Probability, Significance, Ranges

Until now I've been using probability without really defining it. Why talk about probability, when events either happen or they don't? A probability is an expression of how likely we think an event is. Not a great definition, using 'likely' (you might say it's a circular argument). Another definition is the fraction of times that an event would occur if you repeated the experiment forever. So if you flipped a coin a million times, you'd expect about half a million to be heads.
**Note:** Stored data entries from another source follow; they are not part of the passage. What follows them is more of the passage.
//! The report of a machine: its registers, and its screen.

ghost use Rattle.std.specs.Prelude.{◌≡◌, ◌++◌, ◌+◌, ◌*◌, ◌≤◌, ◌<◌, length, OnOk, OnErr};
ghost use Rattle.std.specs.Io.KnownBytes.{Appends};
ghost use Rattle.arrayvec.specs.ArrayVec.{array_vec_len};
ghost use Rattle.host_io.specs.declared.host.OutSlot.TheVariants.{Report};
ghost use Rattle.host_io.specs.declared.host.Slot.TheVariants.{Out};
ghost use Rattle.host_io.specs.Slots.{Same, SameBut};
ghost use Rattle.host_io.specs.Causes.{HasCause};
ghost use Rattle.host_io.specs.Promises.{IsSure, IsFull};
ghost use Rattle.host_io.specs.Transfers.{AppendsPrefix};
ghost use Rattle.mdl_dev.specs.Screen.{register_of};
ghost use Rattle.mdl_step.specs.Report.{activity_text, steps_line, state_line, accumulators_line, pointers_line, control_line, segment_line, segment_lines, table_line, debug_line, last_line, printed, screen_line, screen_lines, register_lines};
ghost use Rattle.reports.specs.Shown.{start_of, cursor_of, report_of};

use crate::shown::Shown;
use crate::texts::{ROOM, push_decimal, push_named4, push_named8, push_text};
use arrayvec::ArrayVec;
use host_io::{Failed, Host, OutSlot, write_all};
use mdl_dev::screen::{CURSOR_HIGH, CURSOR_LOW, START_HIGH, START_LOW};
use mdl_state::{Activity, Hidden, Regs};

/// How many cells the screen's memory has.
const CELLS: u32 = 0x4000;

/// Where the screen's memory begins.
const SCREEN_BASE: u32 = 0xB8000;

/// How many columns and rows the screen has.
const COLUMNS: u32 = 80;

const ROWS: u32 = 25;

/// Room for the rows of the screen.
pub const SCREEN_ROOM: usize = 2048;

/// What the processor does, in a word.
fn activity_text(activity: Activity) -> &'static str
    ensures text { result.now ≡ activity_text activity }
    ensures short { length result.now ≤ 8 }
{
    match activity {
        Activity::Running => "running",
        Activity::Halted => "halted",
        Activity::Shutdown => "shutdown",
    }
}

#[tactic(auto, unfolding(mdl_step::specs::Report::steps_line))]
fn push_steps(text: &mut ArrayVec<u8, ROOM>, steps: u64)
    requires { array_vec_len text.old + 32 ≤ ROOM }
    ensures text { text.new.items ≡ text.old.items ++ steps_line steps }
    ensures length { array_vec_len text.new ≤ array_vec_len text.old + 32 }
{
    push_text(text, b"steps ");
    push_decimal(text, steps);
    push_text(text, b"\n");
}

#[tactic(auto, unfolding(mdl_step::specs::Report::state_line))]
fn push_state(text: &mut ArrayVec<u8, ROOM>, activity: Activity)
    requires { array_vec_len text.old + 32 ≤ ROOM }
    ensures text { text.new.items ≡ text.old.items ++ state_line activity }
    ensures length { array_vec_len text.new ≤ array_vec_len text.old + 32 }
{
    push_text(text, b"state ");
    push_text(text, activity_text(activity).as_bytes());
    push_text(text, b"\n");
}

#[tactic(auto, unfolding(mdl_step::specs::Report::accumulators_line))]
fn push_accumulators(text: &mut ArrayVec<u8, ROOM>, regs: &Regs)
    requires { array_vec_len text.old + 64 ≤ ROOM }
    ensures text { text.new.items ≡ text.old.items ++ accumulators_line regs.now }
    ensures length { array_vec_len text.new ≤ array_vec_len text.old + 64 }
{
    push_named8(text, b"eax=", regs.gpr[0]);
    push_named8(text, b" ecx=", regs.gpr[1]);
    push_named8(text, b" edx=", regs.gpr[2]);
    push_named8(text, b" ebx=", regs.gpr[3]);
    push_text(text, b"\n");
}

#[tactic(auto, unfolding(mdl_step::specs::Report::pointers_line))]
fn push_pointers(text: &mut ArrayVec<u8, ROOM>, regs: &Regs)
    requires { array_vec_len text.old + 64 ≤ ROOM }
    ensures text { text.new.items ≡ text.old.items ++ pointers_line regs.now }
    ensures length { array_vec_len text.new ≤ array_vec_len text.old + 64 }
{
    push_named8(text, b"esp=", regs.gpr[4]);
    push_named8(text, b" ebp=", regs.gpr[5]);
    push_named8(text, b" esi=", regs.gpr[6]);
    push_named8(text, b" edi=", regs.gpr[7]);
    push_text(text, b"\n");
}

#[tactic(auto, unfolding(mdl_step::specs::Report::control_line))]
fn push_control(text: &mut ArrayVec<u8, ROOM>, regs: &Regs)
    requires { array_vec_len text.old + 80 ≤ ROOM }
    ensures text { text.new.items ≡ text.old.items ++ control_line regs.now }
    ensures length { array_vec_len text.new ≤ array_vec_len text.old + 80 }
{
    push_named8(text, b"eip=", regs.eip);
    push_named8(text, b" efl=", regs.eflags);
    push_named8(text, b" cr0=", regs.cr0);
    push_named8(text, b" cr2=", regs.cr2);
    push_named8(text, b" cr3=", regs.cr3);
    push_text(text, b"\n");
}

#[tactic(auto, unfolding(mdl_step::specs::Report::segment_line))]
fn push_segment(text: &mut ArrayVec<u8, ROOM>, name: &[u8], hidden: &Hidden)
    requires room { array_vec_len text.old + 56 ≤ ROOM }
    requires name { length name.now ≤ 3 }
    ensures text { text.new.items ≡ text.old.items ++ segment_line name.now hidden.now }
    ensures length { array_vec_len text.new ≤ array_vec_len text.old + 56 }
{
    push_text(text, name);
    push_named4(text, b" sel=", hidden.sel);
    push_named8(text, b" base=", hidden.base);
    push_named8(text, b" limit=", hidden.limit);
    push_named4(text, b" rights=", hidden.rights);
    push_text(text, b"\n");
}

#[tactic(auto, unfolding(mdl_step::specs::Report::segment_lines, mdl_state::specs::Registers::seg_of))]
fn push_segments(text: &mut ArrayVec<u8, ROOM>, regs: &Regs)
    requires { array_vec_len text.old + 448 ≤ ROOM }
    ensures text { text.new.items ≡ text.old.items ++ segment_lines regs.now }
    ensures length { array_vec_len text.new ≤ array_vec_len text.old + 448 }
{
    push_segment(text, b"es", &regs.seg[0]);
    push_segment(text, b"cs", &regs.seg[1]);
    push_segment(text, b"ss", &regs.seg[2]);
    push_segment(text, b"ds", &regs.seg[3]);
    push_segment(text, b"fs", &regs.seg[4]);
    push_segment(text, b"gs", &regs.seg[5]);
    push_segment(text, b"ldt", &regs.ldtr);
    push_segment(text, b"tr", &regs.tr);
}

#[tactic(auto, unfolding(mdl_step::specs::Report::table_line))]
fn push_table(text: &mut ArrayVec<u8, ROOM>, name: &[u8], base: u32, limit: u16)
    requires room { array_vec_len text.old + 32 ≤ ROOM }
    requires name { length name.now ≤ 3 }
    ensures text { text.new.items ≡ text.old.items ++ table_line name.now base limit }
    ensures length { array_vec_len text.new ≤ array_vec_len text.old + 32 }
{
    push_text(text, name);
    push_named8(text, b" base=", base);
    push_named4(text, b" limit=", limit);
    push_text(text, b"\n");
}

#[tactic(auto, unfolding(mdl_step::specs::Report::debug_line))]
fn push_debug(text: &mut ArrayVec<u8, ROOM>, regs: &Regs)
    requires { array_vec_len text.old + 80 ≤ ROOM }
    ensures text { text.new.items ≡ text.old.items ++ debug_line regs.now }
    ensures length { array_vec_len text.new ≤ array_vec_len text.old + 80 }
{
    push_named8(text, b"dr0=", regs.dr[0]);
    push_named8(text, b" dr1=", regs.dr[1]);
    push_named8(text, b" dr2=", regs.dr[2]);
    push_named8(text, b" dr3=", regs.dr[3]);
    push_named8(text, b" dr6=", regs.dr6);
    push_named8(text, b" dr7=", regs.dr7);
    push_text(text, b"\n");
}

#[tactic(auto, unfolding(mdl_step::specs::Report::last_line))]
fn push_last(text: &mut ArrayVec<u8, ROOM>, cpl: u8, walks: u64, start: u16, cursor: u16)
    requires { array_vec_len text.old + 80 ≤ ROOM }
    ensures text { text.new.items ≡ text.old.items ++ last_line cpl walks start cursor }
    ensures length { array_vec_len text.new ≤ array_vec_len text.old + 80 }
{
    push_text(text, b"cpl=");
    push_decimal(text, u64::from(cpl));
    push_text(text, b" walks=");
    push_decimal(text, walks);
    push_named4(text, b" start=", start);
    push_named4(text, b" cursor=", cursor);
    push_text(text, b"\n");
}

/// The number of two screen registers.
fn screen_word<M: Shown>(machine: &M, high: u8, low: u8) -> u16
    ensures { result ≡ 0x100 * register_of (M.screen machine.now) high + register_of (M.screen machine.now) low }
{
    u16::from(machine.screen_register(high)) * 0x100 + u16::from(machine.screen_register(low))
}

/// The cell where the screen starts.
fn start_of<M: Shown>(machine: &M) -> u16
    ensures { result ≡ start_of (M.screen machine.now) }
{
    screen_word(machine, START_HIGH, START_LOW)
}

/// The cell of the cursor.
fn cursor_of<M: Shown>(machine: &M) -> u16
    ensures { result ≡ cursor_of (M.screen machine.now) }
{
    screen_word(machine, CURSOR_HIGH, CURSOR_LOW)
}

/// The lines of the registers.
#[tactic(auto, unfolding(mdl_step::specs::Report::register_lines))]
pub fn register_lines<M: Shown>(machine: &M) -> ArrayVec<u8, ROOM>
    ensures { result.items ≡ register_lines (M.state machine.now) (M.state machine.now).mem.walks (start_of (M.screen machine.now)) (cursor_of (M.screen machine.now)) }
{
    let regs = machine.regs();
    let mut text = ArrayVec::new();
    push_steps(&mut text, machine.steps());
    push_state(&mut text, machine.activity());
    push_accumulators(&mut text, &regs);
    push_pointers(&mut text, &regs);
    push_control(&mut text, &regs);
    push_segments(&mut text, &regs);
    push_table(&mut text, b"gdt", regs.gdt_base, regs.gdt_limit);
    push_table(&mut text, b"idt", regs.idt_base, regs.idt_limit);
    push_debug(&mut text, &regs);
    push_last(
        &mut text,
        regs.cpl,
        machine.walks(),
        start_of(machine),
        cursor_of(machine),
    );
    text
}

/// A character of the screen as it is printed.
fn printed(code: u8) -> u8
    ensures { result ≡ printed code }
{
    if code == 0 {
        b' '
    } else if code >= b' ' && code <= b'~' {
        code
    } else {
        b'.'
    }
}

/// A row of the screen.
#[tactic(auto, using(crate::proofs::Screen::rows), unfolding(mdl_step::specs::Report::screen_line))]
fn push_row<M: Shown>(text: &mut ArrayVec<u8, SCREEN_ROOM>, machine: &M, start: u16, row: u32)
    requires row { row < 25 }
    requires room { array_vec_len text.old + 81 ≤ SCREEN_ROOM }
    ensures text { text.new.items ≡ text.old.items ++ screen_line (M.state machine.now).mem.physical start row }
    ensures length { array_vec_len text.new ≡ array_vec_len text.old + 81 }
{
    for column in 0..COLUMNS {
        let cell = (u32::from(start) + (COLUMNS * row + column)) % CELLS;
        text.push(printed(machine.byte_at(SCREEN_BASE + 2 * cell)));
    }
    text.push(b'\n');
}

/// The rows of the screen.
#[tactic(auto, using(crate::proofs::Screen::rows), unfolding(mdl_step::specs::Report::screen_lines))]
pub fn screen_lines<M: Shown>(machine: &M) -> ArrayVec<u8, SCREEN_ROOM>
    ensures { result.items ≡ screen_lines (M.state machine.now).mem.physical (start_of (M.screen machine.now)) }
{
    let start = start_of(machine);
    let mut text = ArrayVec::new();
    for row in 0..ROWS {
        push_row(&mut text, machine, start, row);
    }
    text
}

/// Writes the report of a machine.
#[tactic(auto, using(host_io::specs::Prefixes::prefixes), unfolding(mdl_step::specs::Report::report_text))]
pub fn write_report<H: Host, M: Shown>(host: &mut H, machine: &M) -> Result<(), Failed>
    ensures ok { OnOk result (Appends (H.took host.old Report) (H.took host.new Report) (report_of (M.state machine.now) (M.screen machine.now))) }
    ensures err { OnErr result (AppendsPrefix (H.took host.old Report) (H.took host.new Report) (report_of (M.state machine.now) (M.screen machine.now))) }
    ensures outputs { SameBut Report (H.took host.old) (H.took host.new) }
    ensures paths { Same (H.path host.old) (H.path host.new) }
    ensures left { Same (H.left host.old) (H.left host.new) }
    ensures cause { HasCause (H.faults host.old) (H.faults host.new) (Out Report) result }
    ensures promise { H.promise host.new ≡ H.promise host.old }
    ensures sure { OnErr result (IsSure (H.promise host.old) (Out Report) → IsFull (H.promise host.old) Report (H.took host.new Report)) }
{
    write_all(host, OutSlot::Report, register_lines(machine).as_slice())?;
    write_all(host, OutSlot::Report, screen_lines(machine).as_slice())?;
    Ok(())
}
The probability of heads is half a million divided by a million, or 0.5, or 50%.

1. What is the probability of getting a six on a six sided die?

(Answer: All of the sides are equally likely, and there are six sides, so the answer is 1/6)

Now if we flip a coin a million times, we'd expect about a half a million heads. But what if we only flipped three or four times? Try it if you've got a coin. You probably won't get two heads and two tails. You certainly won't get a head and a half. That's the thing about probability and one of the pitfalls of statistics.

Let's say a tobacco company, call them Fill Morse, wanted to prove to the public that their cigarettes didn't cause cancer. Morse could get 5 smokers, find that one had cancer, and then say: "80% of smokers of Fill Morse cigarettes don't get cancer, new study says." This doesn't give a measure of the true probability of cancer incidence in smokers.

1. What kind of study would be needed to come to a conclusion about cancer? What evidence would be needed, what comparisons would need to be made?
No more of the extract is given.